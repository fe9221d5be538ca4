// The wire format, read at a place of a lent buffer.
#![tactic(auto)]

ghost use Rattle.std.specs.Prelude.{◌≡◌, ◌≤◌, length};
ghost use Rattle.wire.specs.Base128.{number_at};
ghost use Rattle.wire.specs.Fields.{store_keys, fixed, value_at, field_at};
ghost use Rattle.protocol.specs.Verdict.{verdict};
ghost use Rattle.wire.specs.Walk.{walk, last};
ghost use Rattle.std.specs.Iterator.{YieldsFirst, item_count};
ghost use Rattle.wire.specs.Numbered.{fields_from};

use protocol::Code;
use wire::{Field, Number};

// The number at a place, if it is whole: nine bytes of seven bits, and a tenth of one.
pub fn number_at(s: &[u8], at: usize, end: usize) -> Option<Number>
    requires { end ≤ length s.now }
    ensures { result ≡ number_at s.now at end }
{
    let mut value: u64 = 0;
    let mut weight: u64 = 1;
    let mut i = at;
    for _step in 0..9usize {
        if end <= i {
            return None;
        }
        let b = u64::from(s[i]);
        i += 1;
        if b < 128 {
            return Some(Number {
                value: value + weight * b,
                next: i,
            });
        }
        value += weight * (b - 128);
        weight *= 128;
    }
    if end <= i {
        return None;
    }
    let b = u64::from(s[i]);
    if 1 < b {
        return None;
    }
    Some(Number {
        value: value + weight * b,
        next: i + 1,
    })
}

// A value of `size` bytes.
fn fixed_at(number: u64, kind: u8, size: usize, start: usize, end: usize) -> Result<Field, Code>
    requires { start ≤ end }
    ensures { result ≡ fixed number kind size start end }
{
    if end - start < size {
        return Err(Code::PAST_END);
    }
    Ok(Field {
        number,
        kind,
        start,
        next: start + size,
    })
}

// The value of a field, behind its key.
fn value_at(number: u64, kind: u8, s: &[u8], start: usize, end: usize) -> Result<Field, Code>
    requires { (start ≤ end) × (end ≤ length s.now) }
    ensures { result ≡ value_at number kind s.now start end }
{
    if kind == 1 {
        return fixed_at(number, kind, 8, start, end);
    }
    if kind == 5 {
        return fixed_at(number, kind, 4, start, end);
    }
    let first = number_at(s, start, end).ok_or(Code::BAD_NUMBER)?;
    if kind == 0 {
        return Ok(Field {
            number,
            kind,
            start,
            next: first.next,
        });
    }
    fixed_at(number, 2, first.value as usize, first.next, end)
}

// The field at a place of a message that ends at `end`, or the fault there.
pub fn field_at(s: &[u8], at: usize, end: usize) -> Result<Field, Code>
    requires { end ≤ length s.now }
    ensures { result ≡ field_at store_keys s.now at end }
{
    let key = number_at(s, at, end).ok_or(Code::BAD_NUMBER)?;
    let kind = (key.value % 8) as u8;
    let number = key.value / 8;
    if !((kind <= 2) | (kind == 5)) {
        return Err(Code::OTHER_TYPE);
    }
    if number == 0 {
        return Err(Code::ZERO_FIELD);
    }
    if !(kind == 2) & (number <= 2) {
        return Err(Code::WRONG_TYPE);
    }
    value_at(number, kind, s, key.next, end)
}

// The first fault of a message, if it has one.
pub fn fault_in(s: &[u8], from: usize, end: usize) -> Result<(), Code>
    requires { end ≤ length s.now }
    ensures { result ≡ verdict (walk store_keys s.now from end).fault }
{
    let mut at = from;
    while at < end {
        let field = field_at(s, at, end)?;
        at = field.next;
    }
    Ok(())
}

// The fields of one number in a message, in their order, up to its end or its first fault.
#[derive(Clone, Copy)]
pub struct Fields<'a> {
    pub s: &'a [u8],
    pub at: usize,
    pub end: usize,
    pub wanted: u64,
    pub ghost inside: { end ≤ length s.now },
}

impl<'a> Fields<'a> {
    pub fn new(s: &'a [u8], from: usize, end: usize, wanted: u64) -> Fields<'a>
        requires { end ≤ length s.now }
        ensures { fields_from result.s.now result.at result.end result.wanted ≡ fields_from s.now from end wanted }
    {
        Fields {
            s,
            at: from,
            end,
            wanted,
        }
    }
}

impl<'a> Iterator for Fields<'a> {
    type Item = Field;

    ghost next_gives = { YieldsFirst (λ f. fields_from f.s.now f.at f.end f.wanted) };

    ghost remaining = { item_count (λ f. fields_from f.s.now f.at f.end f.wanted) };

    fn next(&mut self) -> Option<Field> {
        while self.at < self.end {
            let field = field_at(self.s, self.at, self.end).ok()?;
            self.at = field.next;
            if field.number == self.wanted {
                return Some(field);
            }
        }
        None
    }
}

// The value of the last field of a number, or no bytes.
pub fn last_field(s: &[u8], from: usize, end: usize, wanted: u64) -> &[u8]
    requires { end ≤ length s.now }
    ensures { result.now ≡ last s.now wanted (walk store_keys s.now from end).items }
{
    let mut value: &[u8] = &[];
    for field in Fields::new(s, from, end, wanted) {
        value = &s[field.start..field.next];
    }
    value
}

——————

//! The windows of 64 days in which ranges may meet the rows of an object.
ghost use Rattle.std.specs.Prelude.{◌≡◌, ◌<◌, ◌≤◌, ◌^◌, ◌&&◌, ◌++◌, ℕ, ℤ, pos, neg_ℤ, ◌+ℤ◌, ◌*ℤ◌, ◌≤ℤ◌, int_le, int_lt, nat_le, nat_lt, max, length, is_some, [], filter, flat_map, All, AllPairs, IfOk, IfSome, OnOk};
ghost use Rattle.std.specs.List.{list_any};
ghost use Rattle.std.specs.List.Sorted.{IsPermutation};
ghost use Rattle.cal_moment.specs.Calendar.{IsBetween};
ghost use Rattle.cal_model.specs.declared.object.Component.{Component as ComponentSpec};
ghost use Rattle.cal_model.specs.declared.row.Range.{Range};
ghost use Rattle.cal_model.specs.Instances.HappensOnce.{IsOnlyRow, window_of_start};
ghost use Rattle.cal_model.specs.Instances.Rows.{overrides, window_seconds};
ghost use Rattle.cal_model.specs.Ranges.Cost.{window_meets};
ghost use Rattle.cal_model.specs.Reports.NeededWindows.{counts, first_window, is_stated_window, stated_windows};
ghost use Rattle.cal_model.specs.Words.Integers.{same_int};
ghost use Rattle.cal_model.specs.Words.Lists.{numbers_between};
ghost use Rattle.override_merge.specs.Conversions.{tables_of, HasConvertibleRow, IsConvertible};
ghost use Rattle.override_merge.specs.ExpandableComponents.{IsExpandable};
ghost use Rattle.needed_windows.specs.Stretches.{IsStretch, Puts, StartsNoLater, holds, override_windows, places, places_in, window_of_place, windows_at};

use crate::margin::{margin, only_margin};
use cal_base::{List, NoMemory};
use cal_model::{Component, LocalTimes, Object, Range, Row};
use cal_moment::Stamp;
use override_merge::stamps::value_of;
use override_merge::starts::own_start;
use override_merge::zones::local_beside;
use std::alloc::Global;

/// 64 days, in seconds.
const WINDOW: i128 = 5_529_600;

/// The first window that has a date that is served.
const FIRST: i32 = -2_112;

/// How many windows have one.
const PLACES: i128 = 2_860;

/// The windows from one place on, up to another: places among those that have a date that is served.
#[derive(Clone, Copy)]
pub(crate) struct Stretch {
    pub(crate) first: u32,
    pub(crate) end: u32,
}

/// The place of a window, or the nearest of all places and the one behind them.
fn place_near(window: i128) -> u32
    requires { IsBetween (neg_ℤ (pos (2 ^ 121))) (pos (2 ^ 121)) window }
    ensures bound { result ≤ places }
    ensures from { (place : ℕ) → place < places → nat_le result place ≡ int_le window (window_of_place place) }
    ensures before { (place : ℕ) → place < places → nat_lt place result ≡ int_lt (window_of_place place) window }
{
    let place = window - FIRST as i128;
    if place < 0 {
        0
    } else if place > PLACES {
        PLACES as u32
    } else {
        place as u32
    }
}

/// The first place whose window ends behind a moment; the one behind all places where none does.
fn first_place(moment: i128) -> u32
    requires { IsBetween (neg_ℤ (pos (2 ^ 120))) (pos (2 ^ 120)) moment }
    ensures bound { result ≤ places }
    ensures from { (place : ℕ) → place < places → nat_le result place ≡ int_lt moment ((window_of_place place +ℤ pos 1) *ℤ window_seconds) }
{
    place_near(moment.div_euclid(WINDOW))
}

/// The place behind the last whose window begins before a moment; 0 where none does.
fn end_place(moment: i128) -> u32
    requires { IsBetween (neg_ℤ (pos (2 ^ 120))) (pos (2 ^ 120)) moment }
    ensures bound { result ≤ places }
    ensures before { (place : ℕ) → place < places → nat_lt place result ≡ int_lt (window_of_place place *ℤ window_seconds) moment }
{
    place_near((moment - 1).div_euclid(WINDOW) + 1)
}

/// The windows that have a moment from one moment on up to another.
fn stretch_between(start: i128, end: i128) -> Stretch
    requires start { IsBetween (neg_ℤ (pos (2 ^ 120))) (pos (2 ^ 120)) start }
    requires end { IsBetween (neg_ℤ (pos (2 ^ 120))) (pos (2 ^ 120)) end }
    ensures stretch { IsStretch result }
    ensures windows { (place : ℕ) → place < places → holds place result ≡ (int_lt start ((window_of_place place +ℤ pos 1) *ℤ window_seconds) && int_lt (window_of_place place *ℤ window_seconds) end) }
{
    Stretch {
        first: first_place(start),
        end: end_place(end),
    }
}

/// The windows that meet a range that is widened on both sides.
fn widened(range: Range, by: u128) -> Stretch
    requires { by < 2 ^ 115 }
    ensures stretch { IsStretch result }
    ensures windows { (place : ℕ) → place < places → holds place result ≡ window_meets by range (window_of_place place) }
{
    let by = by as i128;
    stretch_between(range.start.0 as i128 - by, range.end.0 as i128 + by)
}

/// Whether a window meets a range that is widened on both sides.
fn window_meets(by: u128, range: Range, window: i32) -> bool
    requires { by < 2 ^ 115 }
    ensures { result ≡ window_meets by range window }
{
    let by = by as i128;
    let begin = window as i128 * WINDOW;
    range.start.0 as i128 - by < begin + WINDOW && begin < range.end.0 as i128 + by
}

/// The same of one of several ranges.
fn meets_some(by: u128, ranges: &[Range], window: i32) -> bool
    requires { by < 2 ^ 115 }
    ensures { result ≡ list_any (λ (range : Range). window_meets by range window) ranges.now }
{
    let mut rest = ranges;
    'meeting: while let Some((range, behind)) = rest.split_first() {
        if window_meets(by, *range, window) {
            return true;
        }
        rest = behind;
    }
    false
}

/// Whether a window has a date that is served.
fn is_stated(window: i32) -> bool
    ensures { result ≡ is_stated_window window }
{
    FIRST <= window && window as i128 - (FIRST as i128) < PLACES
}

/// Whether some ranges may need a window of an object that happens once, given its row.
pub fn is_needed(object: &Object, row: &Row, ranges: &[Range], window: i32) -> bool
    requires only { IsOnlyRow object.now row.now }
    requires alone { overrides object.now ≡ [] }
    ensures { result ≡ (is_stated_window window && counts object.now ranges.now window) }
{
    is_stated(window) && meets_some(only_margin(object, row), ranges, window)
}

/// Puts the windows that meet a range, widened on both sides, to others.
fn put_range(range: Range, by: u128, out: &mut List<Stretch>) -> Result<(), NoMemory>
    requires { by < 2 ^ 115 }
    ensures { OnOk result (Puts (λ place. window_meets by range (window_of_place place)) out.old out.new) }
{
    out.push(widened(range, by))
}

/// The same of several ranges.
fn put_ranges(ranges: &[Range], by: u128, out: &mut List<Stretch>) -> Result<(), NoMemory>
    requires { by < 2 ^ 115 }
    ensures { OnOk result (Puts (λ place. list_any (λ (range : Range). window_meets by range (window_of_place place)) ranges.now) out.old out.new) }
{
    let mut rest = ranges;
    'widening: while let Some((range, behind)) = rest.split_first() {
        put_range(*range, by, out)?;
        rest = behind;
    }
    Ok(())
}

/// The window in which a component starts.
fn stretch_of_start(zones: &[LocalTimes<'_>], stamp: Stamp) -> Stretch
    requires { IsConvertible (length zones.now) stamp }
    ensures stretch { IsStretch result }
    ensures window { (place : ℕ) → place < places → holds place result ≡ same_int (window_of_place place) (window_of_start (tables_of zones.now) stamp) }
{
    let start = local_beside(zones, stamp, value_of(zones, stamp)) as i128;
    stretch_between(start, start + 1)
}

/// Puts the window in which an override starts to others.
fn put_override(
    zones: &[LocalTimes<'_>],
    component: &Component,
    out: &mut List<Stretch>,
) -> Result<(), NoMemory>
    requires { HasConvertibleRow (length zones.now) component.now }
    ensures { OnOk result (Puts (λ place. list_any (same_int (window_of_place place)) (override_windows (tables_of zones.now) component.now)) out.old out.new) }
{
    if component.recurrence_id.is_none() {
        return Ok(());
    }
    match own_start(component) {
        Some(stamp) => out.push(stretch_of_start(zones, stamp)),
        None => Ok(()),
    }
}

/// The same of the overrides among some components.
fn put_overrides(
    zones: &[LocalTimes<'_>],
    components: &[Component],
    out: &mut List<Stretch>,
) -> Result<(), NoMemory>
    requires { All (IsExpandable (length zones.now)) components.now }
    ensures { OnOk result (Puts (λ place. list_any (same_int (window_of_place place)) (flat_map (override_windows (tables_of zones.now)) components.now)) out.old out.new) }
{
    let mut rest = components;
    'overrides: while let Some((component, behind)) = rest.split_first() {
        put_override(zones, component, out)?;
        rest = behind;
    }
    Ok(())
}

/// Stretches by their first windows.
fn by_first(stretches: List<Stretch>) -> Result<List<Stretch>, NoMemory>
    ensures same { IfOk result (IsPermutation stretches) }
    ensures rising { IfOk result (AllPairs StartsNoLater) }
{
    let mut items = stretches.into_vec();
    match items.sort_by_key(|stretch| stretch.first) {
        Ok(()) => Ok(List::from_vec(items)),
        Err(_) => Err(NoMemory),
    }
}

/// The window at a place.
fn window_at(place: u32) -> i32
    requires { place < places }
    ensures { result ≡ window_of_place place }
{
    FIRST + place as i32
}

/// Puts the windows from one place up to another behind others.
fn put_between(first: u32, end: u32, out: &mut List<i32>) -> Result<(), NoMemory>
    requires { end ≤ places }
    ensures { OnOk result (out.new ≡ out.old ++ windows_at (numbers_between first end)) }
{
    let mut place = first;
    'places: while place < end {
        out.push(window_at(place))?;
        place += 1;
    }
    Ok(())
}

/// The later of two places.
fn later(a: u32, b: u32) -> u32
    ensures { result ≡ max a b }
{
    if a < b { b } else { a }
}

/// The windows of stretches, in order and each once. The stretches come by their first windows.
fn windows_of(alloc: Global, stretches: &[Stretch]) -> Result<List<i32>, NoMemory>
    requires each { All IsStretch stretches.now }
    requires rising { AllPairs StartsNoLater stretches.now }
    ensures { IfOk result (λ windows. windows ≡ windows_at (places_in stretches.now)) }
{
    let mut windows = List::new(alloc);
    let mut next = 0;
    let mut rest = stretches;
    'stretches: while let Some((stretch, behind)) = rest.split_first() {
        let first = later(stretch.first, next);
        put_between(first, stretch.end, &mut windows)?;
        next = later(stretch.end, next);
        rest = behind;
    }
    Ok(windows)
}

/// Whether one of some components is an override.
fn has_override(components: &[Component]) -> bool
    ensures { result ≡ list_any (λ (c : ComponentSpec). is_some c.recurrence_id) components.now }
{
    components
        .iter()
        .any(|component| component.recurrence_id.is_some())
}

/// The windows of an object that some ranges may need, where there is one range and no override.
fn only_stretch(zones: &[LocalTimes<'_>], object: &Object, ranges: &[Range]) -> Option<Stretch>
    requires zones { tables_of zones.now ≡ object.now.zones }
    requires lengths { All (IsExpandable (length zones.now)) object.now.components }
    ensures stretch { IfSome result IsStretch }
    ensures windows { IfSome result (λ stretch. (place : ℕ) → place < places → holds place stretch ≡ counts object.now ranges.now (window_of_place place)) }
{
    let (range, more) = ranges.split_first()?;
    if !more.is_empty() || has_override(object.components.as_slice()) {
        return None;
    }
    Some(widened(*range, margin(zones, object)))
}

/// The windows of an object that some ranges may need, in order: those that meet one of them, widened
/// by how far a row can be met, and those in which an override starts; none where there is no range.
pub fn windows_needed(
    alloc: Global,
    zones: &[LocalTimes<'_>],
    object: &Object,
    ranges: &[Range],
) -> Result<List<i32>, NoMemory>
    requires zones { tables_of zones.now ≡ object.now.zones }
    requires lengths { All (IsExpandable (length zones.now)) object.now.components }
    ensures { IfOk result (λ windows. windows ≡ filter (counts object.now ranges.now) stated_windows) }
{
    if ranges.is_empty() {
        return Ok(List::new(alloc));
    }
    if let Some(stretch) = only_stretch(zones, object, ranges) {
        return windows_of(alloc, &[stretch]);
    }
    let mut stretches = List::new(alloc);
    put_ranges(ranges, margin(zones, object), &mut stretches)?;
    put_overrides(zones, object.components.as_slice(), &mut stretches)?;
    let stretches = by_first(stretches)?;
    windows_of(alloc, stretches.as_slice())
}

——————

• TASK: The word is "both". Copy every line above where it appears.

• TASK OUTPUT:
/// The windows that meet a range that is widened on both sides.
/// Whether a window meets a range that is widened on both sides.
/// Puts the windows that meet a range, widened on both sides, to others.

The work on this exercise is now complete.